WHAT IS REQUIRED: Two lines mark the range in the entries below: the one holding "let reply = Reply::Ended(end);" and the one holding "for (q, row)". Set down those two and all lines between them, exactly.

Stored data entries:
// What no clause shows: that catalogues are written where there is memory, and that the definitions say
// the stated form. The texts were written by hand.
use cat_read::read_catalog;
use cat_write::write_catalog;
use std::test::Fail;

const EMPTY: &str = r#"{"procs":[],"tables":[]}"#;

/// The same catalogue in other words.
const EMPTY_OTHERWISE: &str = r#" { "tables" : [ ], "pr\u006fcs" : [ ] } "#;

/// Each kind of value and argument.
const KINDS: &str = concat!(
    r#"{"procs":[{"args":["int","text","list1","list2","list3","list4","list5"],"body":[],"#,
    r#""name":"p_1","regs":["int","text"]},{"args":[],"body":[],"name":"q","regs":[]}],"#,
    r#""tables":[{"cols":["text","int"],"key":["int","text"],"name":"a"}]}"#,
);

/// Each statement, over two tables.
const STATEMENTS: &str = concat!(
    r#"{"procs":[{"args":["int","text","list1"],"body":["#,
    r#"["let",1,["arg",0]],"#,
    r#"["get","a",[0],[0]],"#,
    r#"["need","b",[1,"k"],[1,2],999],"#,
    r#"["find","b",[["arg",0],["arg",1]],[1,2],0],"#,
    r#"["put","a",[["reg",0]],[5]],"#,
    r#"["put","b",[7,""],[8,"z"]],"#,
    r#"["del","b",[2,"k"]],"#,
    r#"["if",["reg",0],[["give",1],["give",2]],[["fail",404]]],"#,
    r#"["if",0,[],[["each",2,[["give",["item",0]]]]]],"#,
    r#"["give",["reg",2]],"#,
    r#"["fail",1]"#,
    r#"],"name":"p","regs":["int","int","text"]}],"#,
    r#""tables":[{"cols":["int"],"key":["int"],"name":"a"},"#,
    r#"{"cols":["int","text"],"key":["int","text"],"name":"b"}]}"#,
);

/// Each expression.
const EXPRESSIONS: &str = concat!(
    r#"{"procs":[{"args":["int","text","list3"],"body":["#,
    r#"["let",0,-9223372036854775808],["give",9223372036854775807],["let",1,"a 'B' /~"],"#,
    r#"["give",["reg",0]],["give",["arg",1]],["give",["len",2]],["each",2,[["give",["item",2]]]],"#,
    r#"["give",["me"]],["give",["add",1,2]],["give",["sub",1,2]],["give",["mul",1,2]],"#,
    r#"["give",["div",1,2]],["give",["mod",1,2]],["give",["muldiv",1,2,3]],"#,
    r#"["give",["eq","a","b"]],["give",["ne",1,2]],["give",["lt",1,2]],["give",["le",1,2]],"#,
    r#"["give",["and",1,0]],["give",["or",1,0]],["give",["not",["not",["reg",0]]]],"#,
    r#"["give",["cat",["show",-1],["front",["reg",1],"c",500]]]"#,
    r#"],"name":"p","regs":["int","text"]}],"tables":[]}"#,
);

#[test]
fn catalogues_are_written(rt: HostRuntime) -> Result<(), Fail> {
    for (text, wanted) in [
        (EMPTY, EMPTY),
        (EMPTY_OTHERWISE, EMPTY),
        (KINDS, KINDS),
        (STATEMENTS, STATEMENTS),
        (EXPRESSIONS, EXPRESSIONS),
    ] {
        match read_catalog(rt.alloc(), text.as_bytes()) {
            Ok(catalog) => {
                let written = write_catalog(rt.alloc(), &catalog)?;
                assert!(rt; written.as_slice() == wanted.as_bytes(), "{wanted}");
            }
            Err(_) => assert!(rt; false, "{text}"),
        }
    }
    Ok(())
}
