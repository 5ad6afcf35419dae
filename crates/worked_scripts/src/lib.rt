//! Worked scripts and catalogues, which the gate runs, and the smallest command that reads a script.
//!
//! [`Echo`] prints in one word what each line of a script asks for. Scripts and lines that a command line can
//! show are cases of `worked_cases`. `scripts` has some that begin behind batches, which no command line can bring
//! about, `bounds` one at its limit of bytes, and `faults` sources and sinks that fail at each call in turn. `forms`
//! has lines that say a catalogue or a piece of one, and `cuttings` feeds texts in pieces of many sizes. `answers`
//! and `refusals` have what is printed with all its bytes, worked out by hand. Of catalogues as JSON text `readers` has
//! some that are read or refused, `writers` those that are written, and `builtins` those that every database has.
//!
//! ```text
//! catalog bank          nothing
//! row acct 1 = 10       put
//! tx add 1 5            call
//! end 1                 run
//! end 3                 refused 5 gap 3 1
//! ```
#![tactic(auto)]

mod echoes;

pub use echoes::Echo;

#[cfg(test)]
mod answers;
#[cfg(test)]
mod bounds;
#[cfg(test)]
mod builtins;
#[cfg(test)]
mod catalogs;
#[cfg(test)]
mod checks;
#[cfg(test)]
mod cuttings;
#[cfg(test)]
mod faults;
#[cfg(test)]
mod forms;
#[cfg(test)]
mod outcomes;
#[cfg(test)]
mod readers;
#[cfg(test)]
mod refusals;
#[cfg(test)]
mod scripts;
#[cfg(test)]
mod writers;
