// What a batch answers.
use crate::catalogs::{catalog, placed};
use crate::checks::same;
use answer_text::{append_answer, print_answer};
use aria_base::{Memory, Txt, Value};
use batch_core::{Answer, Line, Order, Replies, Reply, Wait};
use proc_lang::{Catalog, End, Gives, Trap};
use std::alloc::Global;
use std::test::Fail;

/// Ends of requests that gave nothing.
const ENDS: [(u64, End); 6] = [
    (9, End::Back(999)),
    (10, End::Trap(Trap::Overflow)),
    (10, End::Trap(Trap::Zero)),
    (10, End::Trap(Trap::Absent)),
    (10, End::Trap(Trap::Long)),
    (10, End::Trap(Trap::Many)),
];

/// Waits for other requests.
const WAITS: [(u64, Wait); 3] = [
    (11, Wait::Waw(7)),
    (12, Wait::Raw(8)),
    (u64::MAX, Wait::Both(9, 7)),
];

/// Rows whose keys are outside of those of a request's first run.
const MOVED: [(u64, &str); 2] = [(14, "row acct -3 = 0"), (15, "row seat 4 \"c d\" = \"\" 0")];

/// What all of them print.
const REPLIES: &str = r#"batch 20
7 ok -9223372036854775808 "a b" 0
8 ok
9 back 999
10 trap overflow
10 trap zero
10 trap absent
10 trap long
10 trap many
11 wait waw 7
12 wait raw 8
18446744073709551615 wait both 9 7
14 wait moved acct -3
15 wait moved seat 4 "c d"
order 9 7 8
end 20
"#;

fn ended(q: u64, end: End) -> Line {
    let reply = Reply::Ended(end);
    Line { q, reply }
}

fn waits(q: u64, wait: Wait) -> Line {
    let reply = Reply::Waits(wait);
    Line { q, reply }
}

/// The lines of a request that gave three values and of one that gave none.
fn given(alloc: Global) -> Result<Vec<Line>, Fail> {
    let text = Value::Text(Txt::of(alloc, b"a b")?);
    let three = Gives::from_vec(vec![in alloc; Value::Int(i64::MIN), text, Value::Int(0)]?);
    let none = Gives::from_vec(Vec::new(alloc));
    Ok(vec![in alloc; ended(7, End::Done(three)), ended(8, End::Done(none))]?)
}

fn add_ends(lines: &mut Vec<Line>) -> Result<(), Memory> {
    for (q, end) in ENDS {
        lines.push(ended(q, end))?;
    }
    Ok(())
}

fn add_waits(lines: &mut Vec<Line>) -> Result<(), Memory> {
    for (q, wait) in WAITS {
        lines.push(waits(q, wait))?;
    }
    Ok(())
}

fn add_moved(alloc: Global, catalog: &Catalog, lines: &mut Vec<Line>) -> Result<(), Fail> {
    for (q, row) in MOVED {
        let (key, _) = placed(alloc, catalog, row)?;
        lines.push(waits(q, Wait::Moved(key)))?;
    }
    Ok(())
}

fn replies(alloc: Global, catalog: &Catalog) -> Result<Vec<Line>, Fail> {
    let mut lines = given(alloc)?;
    add_ends(&mut lines)?;
    add_waits(&mut lines)?;
    add_moved(alloc, catalog, &mut lines)?;
    Ok(lines)
}

fn answer(number: u64, lines: Vec<Line>, order: Vec<u64>) -> Answer {
    Answer {
        number,
        lines: Replies::from_vec(lines),
        order: Order::from_vec(order),
    }
}

#[test]
fn each_reply_has_its_line(rt: HostRuntime) -> Result<(), Fail> {
    let alloc = rt.alloc();
    let catalog = catalog(alloc)?;
    let order = vec![in alloc; 9, 7, 8]?;
    let answer = answer(20, replies(alloc, &catalog)?, order);
    let found = print_answer(alloc, &catalog, &answer)?;
    same(&rt, "all", &found, REPLIES);
    Ok(())
}

#[test]
fn an_empty_order_stands_alone(rt: HostRuntime) -> Result<(), Fail> {
    let alloc = rt.alloc();
    let answer = answer(1, Vec::new(alloc), Vec::new(alloc));
    let mut out = Vec::from_slice(alloc, b"before\n")?;
    append_answer(&mut out, &catalog(alloc)?, &answer)?;
    same(&rt, "empty", &out, "before\nbatch 1\norder\nend 1\n");
    Ok(())
}
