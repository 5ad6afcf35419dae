// Sources and sinks that fail.
use crate::checks::same;
use crate::outcomes::{FIRST, outcome, start};
use script_places::Mode;
use std::process::Abort;
use std::test::Fail;

/// Its lines end behind 13, 28, 39 and 45 bytes.
const SCRIPT: &str = "catalog bank\nrow acct 1 = 2\ntx add 1 5\nend 1\n";

/// What the script comes to where the source gives 7 bytes a call and fails at the first call, the second
/// one and so on: the lines that were whole by then are answered. The ninth call is never made.
const BY_SOURCE: [(u64, &str); 9] = [
    (1, "no read"),
    (2, "no read"),
    (3, "nothing no read"),
    (4, "nothing no read"),
    (5, "nothing put no read"),
    (6, "nothing put no read"),
    (7, "nothing put call no read"),
    (8, "nothing put call run no read"),
    (9, "nothing put call run end"),
];

#[test]
fn sources_that_fail(rt: HostRuntime) -> Result<(), Fail> {
    let alloc = rt.alloc();
    for (call, wanted) in BY_SOURCE {
        let echo = start(alloc, Mode::Once, FIRST)?;
        let found = outcome(alloc, echo, SCRIPT.as_bytes(), 7, &[call], &[])?;
        same(&rt, "a call that fails", &found, wanted);
    }
    Ok(())
}

/// A script whose last line is refused, and what it comes to where the sink fails at the first call, the
/// second one and so on. The fourth call is never made.
const REFUSED: &str = "catalog bank\nrow acct 1 = 2\nreport\nend 1\n";

const BY_SINK: [(u64, &str); 4] = [
    (1, "no write"),
    (2, "nothing no write"),
    (3, "nothing put no write"),
    (4, "nothing put refused 3 place\n"),
];

#[test]
fn sinks_that_fail(rt: HostRuntime) -> Result<(), Fail> {
    let alloc = rt.alloc();
    for (call, wanted) in BY_SINK {
        let echo = start(alloc, Mode::Once, FIRST)?;
        let found = outcome(alloc, echo, REFUSED.as_bytes(), 7, &[], &[call])?;
        same(&rt, "a call that fails", &found, wanted);
    }
    Ok(())
}

/// What comes first decides: the source fails behind the refused line, and at the same call before it.
#[test]
fn the_first_event_decides(rt: HostRuntime) -> Result<(), Fail> {
    let alloc = rt.alloc();
    let text = "catalog bank\nreport\nend 1\n";
    for (call, wanted) in [
        (3, "nothing no read"),
        (4, "nothing refused 2 place\n"),
        (5, "nothing refused 2 place\n"),
    ] {
        let echo = start(alloc, Mode::Once, FIRST)?;
        let found = outcome(alloc, echo, text.as_bytes(), 7, &[call], &[])?;
        same(&rt, "a call that fails", &found, wanted);
    }
    Ok(())
}
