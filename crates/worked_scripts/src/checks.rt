// How a test compares.
use std::process::Abort;

/// Asserts that these bytes were found in this case. An assertion in place costs its function several seconds of
/// proof, and a call of this one next to none.
pub fn same(rt: &impl Abort, case: &str, found: &[u8], wanted: &str) {
    assert_eq!(rt; found, wanted.as_bytes(), "at {case}");
}
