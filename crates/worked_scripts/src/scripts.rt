// Scripts of `once` and `check` that begin behind batches, and what each comes to.
ghost use Rattle.std.specs.Prelude.{◌<◌};

use crate::checks::same;
use crate::echoes::Echo;
use crate::outcomes::{outcome, start};
use script_places::{Counts, Mode};
use std::alloc::Global;
use std::process::Abort;
use std::test::Fail;

fn read_both(
    rt: &impl Abort,
    alloc: Global,
    mode: Mode,
    counts: Counts,
    text: &str,
    wanted: &str,
) -> Result<(), Fail> {
    read_by(rt, alloc, start(alloc, mode, counts)?, text, 1, wanted)?;
    read_by(rt, alloc, start(alloc, mode, counts)?, text, 7, wanted)
}

fn read_by(
    rt: &impl Abort,
    alloc: Global,
    echo: Echo,
    text: &str,
    piece: usize,
    wanted: &str,
) -> Result<(), Fail>
    requires { 0 < piece }
{
    let found = outcome(alloc, echo, text.as_bytes(), piece, &[], &[])?;
    same(rt, text, &found, wanted);
    Ok(())
}

/// The command; how many batches were run, how many requests are numbered, and how many wait; a script;
/// and what it comes to.
const COUNTED: [(Mode, (u64, u64, usize), &str, &str); 7] = [
    (
        Mode::Once,
        (0, 0, 10_000),
        "catalog bank\nend 1\n",
        "nothing run end",
    ),
    (
        Mode::Once,
        (0, 0, 10_000),
        "catalog bank\ntx add 1 2\nend 1\n",
        "nothing call refused 3 batch\n",
    ),
    (
        Mode::Check,
        (0, 0, 10_000),
        "catalog bank\ntx add 1 2\nend 1\n",
        "nothing call run end",
    ),
    (
        Mode::Check,
        (0, 1 << 62, 0),
        "catalog bank\nend 1\n",
        "nothing run end",
    ),
    (
        Mode::Check,
        (0, 1 << 62, 0),
        "catalog bank\ntx add 1 2\nend 1\n",
        "nothing call refused 3 numbers\n",
    ),
    (
        Mode::Once,
        (0, 1 << 62, 0),
        "catalog bank\ntx add 1 2\nend 1\n",
        "nothing call refused 3 numbers\n",
    ),
    (
        Mode::Check,
        (1, 0, 0),
        "catalog bank\ntx add 1 2\nend 1\nend 3\n",
        "nothing call keep refused 4 gap 3 2\n",
    ),
];

#[test]
fn ends_of_batches(rt: HostRuntime) -> Result<(), Fail> {
    let alloc = rt.alloc();
    for (mode, (batches, requests, waiting), text, wanted) in COUNTED {
        let counts = Counts {
            batches,
            requests,
            waiting,
        };
        read_both(&rt, alloc, mode, counts, text, wanted)?;
    }
    Ok(())
}
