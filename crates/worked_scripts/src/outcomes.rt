// What a script comes to.
ghost use Rattle.std.specs.Prelude.{◌<◌};

use crate::echoes::Echo;
use answer_text::print_refusal;
use aria_base::{MemSink, MemSource};
use cat_builtin::builtin;
use script_course::{MOST_BYTES, Stop, read_through};
use script_places::{Counts, Mode, ScriptPlace};
use script_text::{LinesRefused, Refusal};
use std::alloc::Global;
use std::test::Fail;

/// Before the first batch.
pub const FIRST: Counts = Counts {
    batches: 0,
    requests: 0,
    waiting: 0,
};

/// A script of this command of which nothing was read. That of `run` is read with the bank.
pub fn start(alloc: Global, mode: Mode, counts: Counts) -> Result<Echo, Fail> {
    if mode != Mode::Run {
        let place = ScriptPlace::start(mode);
        return Ok(Echo { place, counts });
    }
    let Some(bank) = builtin(alloc, b"bank")? else {
        return Err(Fail::new("there is a bank"));
    };
    let place = ScriptPlace::start_with(mode, bank);
    Ok(Echo { place, counts })
}

/// What the script prints, where source and sink fail at these calls, and then how it ends.
pub fn outcome(
    alloc: Global,
    echo: Echo,
    text: &[u8],
    piece: usize,
    source_fails: &[u64],
    sink_fails: &[u64],
) -> Result<Vec<u8>, Fail>
    requires { 0 < piece }
{
    let text = Vec::from_slice(alloc, text)?;
    let mut input = MemSource::new(text, piece, Vec::from_slice(alloc, source_fails)?);
    let mut out = MemSink::new(alloc, 100_000, Vec::from_slice(alloc, sink_fails)?)?;
    read_within(alloc, MOST_BYTES, echo, &mut input, &mut out)
}

/// What a script of at most so many bytes prints, and then how it ends.
pub fn outcome_within(
    alloc: Global,
    limit: u64,
    echo: Echo,
    text: &[u8],
    piece: usize,
) -> Result<Vec<u8>, Fail>
    requires { 0 < piece }
{
    let mut input = MemSource::new(Vec::from_slice(alloc, text)?, piece, Vec::new(alloc));
    let mut out = MemSink::new(alloc, 100_000, Vec::new(alloc))?;
    read_within(alloc, limit, echo, &mut input, &mut out)
}

fn read_within(
    alloc: Global,
    limit: u64,
    echo: Echo,
    input: &mut MemSource,
    out: &mut MemSink,
) -> Result<Vec<u8>, Fail> {
    let longest = longest_of(echo.place.mode);
    let read = read_through(alloc, limit, longest, echo, input, out);
    let mut found = Vec::from_slice(alloc, out.bytes())?;
    add_end(alloc, read, &mut found)?;
    Ok(found)
}

/// The most bytes of a line.
fn longest_of(mode: Mode) -> u32 {
    match mode {
        Mode::Check => 262_144,
        _ => 4096,
    }
}

/// Adds how the script ends.
fn add_end(alloc: Global, read: Result<Echo, Stop>, found: &mut Vec<u8>) -> Result<(), Fail> {
    match read {
        Ok(echo) => {
            let Echo { place, .. } = echo;
            add_closing(alloc, place, found)
        }
        Err(stop) => {
            found.extend_from_slice(word_of(stop))?;
            Ok(())
        }
    }
}

fn add_closing(alloc: Global, place: ScriptPlace, found: &mut Vec<u8>) -> Result<(), Fail> {
    match place.close(alloc).err() {
        None => {
            found.extend_from_slice(b"end")?;
            Ok(())
        }
        Some(LinesRefused::Memory) => Err(Fail::new("there is memory")),
        Some(LinesRefused::Line(refusal)) => add_refusal(alloc, &refusal, found),
    }
}

fn add_refusal(alloc: Global, refusal: &Refusal, found: &mut Vec<u8>) -> Result<(), Fail> {
    let text = print_refusal(alloc, refusal)?;
    found.extend_from_slice(text.as_slice())?;
    Ok(())
}

fn word_of(stop: Stop) -> &'static [u8] {
    match stop {
        Stop::Refused => b"",
        Stop::NoMemory => b"no memory",
        Stop::NoWrite => b"no write",
        Stop::NoDisk => b"no disk",
        Stop::NoRead => b"no read",
    }
}
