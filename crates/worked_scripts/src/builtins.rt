// The built-in catalogues: how many tables and procedures each has, counted by hand, and their texts.
// The bank's text was written by hand, as docs/language.md shows it.
use cat_builtin::builtin;
use cat_read::read_catalog;
use cat_write::write_catalog;
use proc_lang::Catalog;
use std::alloc::Global;
use std::test::Fail;

const BANK: &str = concat!(
    r#"{"procs":["#,
    r#"{"args":["int","int"],"body":[["need","acct",[["arg",0]],[0],1],["put","acct",[["arg",0]],[["add",["reg",0],["arg",1]]]],["give",["add",["reg",0],["arg",1]]]],"name":"add","regs":["int"]},"#,
    r#"{"args":["int","int"],"body":[["need","acct",[["arg",0]],[0],1],["put","acct",[["arg",1]],[["reg",0]]],["give",["reg",0]]],"name":"copy","regs":["int"]},"#,
    r#"{"args":["int","int"],"body":[["put","acct",[["arg",0]],[["arg",1]]],["give",["arg",1]]],"name":"set","regs":[]},"#,
    r#"{"args":["int","int"],"body":[["need","acct",[["arg",0]],[0],1],["need","acct",[["arg",1]],[1],1],["give",["add",["reg",0],["reg",1]]]],"name":"sum","regs":["int","int"]},"#,
    r#"{"args":["int","int"],"body":[["need","acct",[["arg",0]],[0],1],["put","acct",[["reg",0]],[["arg",1]]],["give",["arg",1]]],"name":"hop","regs":["int"]},"#,
    r#"{"args":["int"],"body":[["del","acct",[["arg",0]]]],"name":"drop","regs":[]}"#,
    r#"],"tables":[{"cols":["int"],"key":["int"],"name":"acct"}]}"#,
);

/// Whether the catalogue's text is read, and written again as it was.
fn comes_again(alloc: Global, catalog: &Catalog) -> Result<bool, Fail> {
    let written = write_catalog(alloc, catalog)?;
    match read_catalog(alloc, written.as_slice()) {
        Ok(again) => Ok(write_catalog(alloc, &again)?.as_slice() == written.as_slice()),
        Err(_) => Ok(false),
    }
}

#[test]
fn the_bank_is_as_documented(rt: HostRuntime) -> Result<(), Fail> {
    let Some(bank) = builtin(rt.alloc(), b"bank")? else {
        return Err(Fail::new("there is no bank"));
    };
    let written = write_catalog(rt.alloc(), &bank)?;
    assert!(rt; written.as_slice() == BANK.as_bytes());
    Ok(())
}

#[test]
fn builtin_catalogues_are_read_again(rt: HostRuntime) -> Result<(), Fail> {
    for name in ["bank", "ycsb", "tpcc"] {
        let Some(catalog) = builtin(rt.alloc(), name.as_bytes())? else {
            return Err(Fail::new("a catalogue is missing"));
        };
        assert!(rt; comes_again(rt.alloc(), &catalog)?, "at {name}");
    }
    Ok(())
}

#[test]
fn three_names_have_catalogues(rt: HostRuntime) -> Result<(), Fail> {
    for (name, tables, procs) in [("bank", 1, 6), ("ycsb", 1, 1), ("tpcc", 11, 2)] {
        let Some(catalog) = builtin(rt.alloc(), name.as_bytes())? else {
            return Err(Fail::new("a catalogue is missing"));
        };
        assert_eq!(rt; catalog.schema().as_slice().len(), tables, "at {name}");
        assert_eq!(rt; catalog.procs().len(), procs, "at {name}");
    }
    Ok(())
}

#[test]
fn no_other_name_has_one(rt: HostRuntime) -> Result<(), Fail> {
    for name in ["", "Bank", "ban", "bank ", "ycs", "tpcc2"] {
        let found = builtin(rt.alloc(), name.as_bytes())?;
        assert!(rt; found.is_none(), "at {name:?}");
    }
    Ok(())
}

REPLY TO THE EXERCISE:
    let reply = Reply::Ended(end);
    Line { q, reply }
}

fn waits(q: u64, wait: Wait) -> Line {
    let reply = Reply::Waits(wait);
    Line { q, reply }
}

/// The lines of a request that gave three values and of one that gave none.
fn given(alloc: Global) -> Result<Vec<Line>, Fail> {
    let text = Value::Text(Txt::of(alloc, b"a b")?);
    let three = Gives::from_vec(vec![in alloc; Value::Int(i64::MIN), text, Value::Int(0)]?);
    let none = Gives::from_vec(Vec::new(alloc));
    Ok(vec![in alloc; ended(7, End::Done(three)), ended(8, End::Done(none))]?)
}

fn add_ends(lines: &mut Vec<Line>) -> Result<(), Memory> {
    for (q, end) in ENDS {
        lines.push(ended(q, end))?;
    }
    Ok(())
}

fn add_waits(lines: &mut Vec<Line>) -> Result<(), Memory> {
    for (q, wait) in WAITS {
        lines.push(waits(q, wait))?;
    }
    Ok(())
}

fn add_moved(alloc: Global, catalog: &Catalog, lines: &mut Vec<Line>) -> Result<(), Fail> {
    for (q, row) in MOVED {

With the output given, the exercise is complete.